**Activity:** The word "TooLong" may appear in some lines of the data; copy every such line.
***** Raw data *****
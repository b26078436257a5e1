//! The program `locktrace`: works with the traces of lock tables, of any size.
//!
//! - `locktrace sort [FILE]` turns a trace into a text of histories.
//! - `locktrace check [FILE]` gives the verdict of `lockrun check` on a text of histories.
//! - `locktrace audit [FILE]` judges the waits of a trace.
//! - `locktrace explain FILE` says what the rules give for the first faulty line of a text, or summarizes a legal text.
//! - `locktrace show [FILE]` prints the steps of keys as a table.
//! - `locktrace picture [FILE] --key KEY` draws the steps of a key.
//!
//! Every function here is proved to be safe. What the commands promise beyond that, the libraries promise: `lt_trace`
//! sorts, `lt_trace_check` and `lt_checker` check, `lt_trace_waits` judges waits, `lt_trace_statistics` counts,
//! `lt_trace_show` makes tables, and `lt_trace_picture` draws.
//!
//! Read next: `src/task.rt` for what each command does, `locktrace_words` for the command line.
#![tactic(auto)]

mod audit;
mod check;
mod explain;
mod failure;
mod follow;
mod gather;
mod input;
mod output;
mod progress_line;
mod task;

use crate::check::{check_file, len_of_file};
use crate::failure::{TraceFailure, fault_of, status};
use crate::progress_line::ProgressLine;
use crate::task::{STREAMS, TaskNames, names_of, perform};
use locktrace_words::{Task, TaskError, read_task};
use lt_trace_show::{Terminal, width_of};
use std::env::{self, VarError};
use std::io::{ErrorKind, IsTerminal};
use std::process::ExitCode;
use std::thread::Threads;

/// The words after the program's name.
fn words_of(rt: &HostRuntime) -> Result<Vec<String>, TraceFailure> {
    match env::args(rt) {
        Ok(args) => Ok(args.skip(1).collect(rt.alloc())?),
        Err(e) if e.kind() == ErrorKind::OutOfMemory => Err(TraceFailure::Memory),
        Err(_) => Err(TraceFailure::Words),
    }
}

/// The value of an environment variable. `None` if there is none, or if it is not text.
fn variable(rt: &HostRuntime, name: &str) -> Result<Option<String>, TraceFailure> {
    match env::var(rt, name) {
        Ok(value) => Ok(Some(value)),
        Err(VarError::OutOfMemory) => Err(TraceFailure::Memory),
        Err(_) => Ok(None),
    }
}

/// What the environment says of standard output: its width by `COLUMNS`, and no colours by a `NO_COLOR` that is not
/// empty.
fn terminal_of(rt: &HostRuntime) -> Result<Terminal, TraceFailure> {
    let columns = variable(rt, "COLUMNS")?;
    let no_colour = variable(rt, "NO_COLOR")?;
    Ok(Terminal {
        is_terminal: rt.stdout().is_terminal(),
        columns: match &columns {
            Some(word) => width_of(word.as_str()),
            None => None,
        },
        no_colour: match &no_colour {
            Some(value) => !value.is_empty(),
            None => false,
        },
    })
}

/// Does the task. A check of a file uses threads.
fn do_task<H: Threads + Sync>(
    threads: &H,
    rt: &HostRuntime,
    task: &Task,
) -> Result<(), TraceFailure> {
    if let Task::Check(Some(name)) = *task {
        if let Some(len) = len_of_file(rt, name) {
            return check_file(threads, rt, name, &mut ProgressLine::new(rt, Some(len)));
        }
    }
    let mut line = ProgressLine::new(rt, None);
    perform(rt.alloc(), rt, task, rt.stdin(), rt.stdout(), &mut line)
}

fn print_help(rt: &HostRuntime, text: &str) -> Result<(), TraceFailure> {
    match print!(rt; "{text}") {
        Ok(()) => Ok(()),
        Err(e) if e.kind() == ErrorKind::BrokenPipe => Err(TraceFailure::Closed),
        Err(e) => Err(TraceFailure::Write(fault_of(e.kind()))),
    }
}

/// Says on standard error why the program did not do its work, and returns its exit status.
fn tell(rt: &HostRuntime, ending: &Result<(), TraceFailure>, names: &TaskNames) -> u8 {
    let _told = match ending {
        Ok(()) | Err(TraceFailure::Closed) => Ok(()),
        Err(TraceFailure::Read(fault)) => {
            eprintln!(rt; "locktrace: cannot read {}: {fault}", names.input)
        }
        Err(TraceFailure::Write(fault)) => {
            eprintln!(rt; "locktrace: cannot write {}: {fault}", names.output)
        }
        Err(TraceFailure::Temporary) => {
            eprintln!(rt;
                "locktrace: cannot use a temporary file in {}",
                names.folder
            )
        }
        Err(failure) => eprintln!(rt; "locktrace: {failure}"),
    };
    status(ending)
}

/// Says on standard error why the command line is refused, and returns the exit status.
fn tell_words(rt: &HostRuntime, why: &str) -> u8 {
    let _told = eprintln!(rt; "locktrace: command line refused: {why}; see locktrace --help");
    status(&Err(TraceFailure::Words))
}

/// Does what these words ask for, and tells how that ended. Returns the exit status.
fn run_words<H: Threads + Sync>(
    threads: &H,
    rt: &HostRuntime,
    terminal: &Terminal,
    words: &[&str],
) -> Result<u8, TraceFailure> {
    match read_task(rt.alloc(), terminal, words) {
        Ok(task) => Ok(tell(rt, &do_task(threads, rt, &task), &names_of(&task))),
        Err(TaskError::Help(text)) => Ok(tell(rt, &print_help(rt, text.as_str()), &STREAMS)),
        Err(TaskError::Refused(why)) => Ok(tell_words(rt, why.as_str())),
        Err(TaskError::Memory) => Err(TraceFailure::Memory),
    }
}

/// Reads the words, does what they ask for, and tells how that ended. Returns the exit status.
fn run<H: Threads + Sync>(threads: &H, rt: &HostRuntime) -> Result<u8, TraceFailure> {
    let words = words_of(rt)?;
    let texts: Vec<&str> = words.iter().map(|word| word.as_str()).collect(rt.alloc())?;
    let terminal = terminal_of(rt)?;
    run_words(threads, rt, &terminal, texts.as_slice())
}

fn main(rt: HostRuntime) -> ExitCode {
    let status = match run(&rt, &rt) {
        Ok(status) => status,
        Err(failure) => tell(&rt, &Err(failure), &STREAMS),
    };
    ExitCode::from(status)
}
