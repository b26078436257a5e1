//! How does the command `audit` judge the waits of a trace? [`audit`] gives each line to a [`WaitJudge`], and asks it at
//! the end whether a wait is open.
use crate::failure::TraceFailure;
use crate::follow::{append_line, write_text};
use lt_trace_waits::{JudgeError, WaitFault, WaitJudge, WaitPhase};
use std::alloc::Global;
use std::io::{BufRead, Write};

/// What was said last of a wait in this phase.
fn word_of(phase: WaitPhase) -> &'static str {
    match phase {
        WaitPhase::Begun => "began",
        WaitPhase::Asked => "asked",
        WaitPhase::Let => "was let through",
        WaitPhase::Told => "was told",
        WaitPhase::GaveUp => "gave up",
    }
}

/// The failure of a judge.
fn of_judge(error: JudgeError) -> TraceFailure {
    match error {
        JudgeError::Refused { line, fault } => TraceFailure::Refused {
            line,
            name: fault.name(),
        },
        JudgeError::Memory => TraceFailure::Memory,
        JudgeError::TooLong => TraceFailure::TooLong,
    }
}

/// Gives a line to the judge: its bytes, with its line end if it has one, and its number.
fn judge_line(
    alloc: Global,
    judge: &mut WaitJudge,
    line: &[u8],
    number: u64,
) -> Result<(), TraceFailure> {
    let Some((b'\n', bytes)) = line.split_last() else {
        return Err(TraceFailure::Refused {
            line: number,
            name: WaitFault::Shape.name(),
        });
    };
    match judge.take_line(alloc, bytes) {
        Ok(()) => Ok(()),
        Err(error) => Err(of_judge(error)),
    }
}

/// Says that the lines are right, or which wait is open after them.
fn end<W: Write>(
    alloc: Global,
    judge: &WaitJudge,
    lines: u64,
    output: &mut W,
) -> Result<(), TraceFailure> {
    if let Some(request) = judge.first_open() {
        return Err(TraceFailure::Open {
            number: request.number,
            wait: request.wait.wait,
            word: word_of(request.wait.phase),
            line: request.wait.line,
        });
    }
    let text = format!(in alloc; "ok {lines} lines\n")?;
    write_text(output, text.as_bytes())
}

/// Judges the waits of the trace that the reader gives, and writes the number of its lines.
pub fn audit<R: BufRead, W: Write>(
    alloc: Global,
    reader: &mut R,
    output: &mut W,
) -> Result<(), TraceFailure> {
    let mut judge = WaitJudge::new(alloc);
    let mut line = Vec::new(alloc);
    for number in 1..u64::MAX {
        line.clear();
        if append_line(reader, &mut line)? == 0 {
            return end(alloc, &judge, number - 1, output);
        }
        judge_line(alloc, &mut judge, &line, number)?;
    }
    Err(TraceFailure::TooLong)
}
*****
**Task response:**
        JudgeError::TooLong => TraceFailure::TooLong,
    Err(TraceFailure::TooLong)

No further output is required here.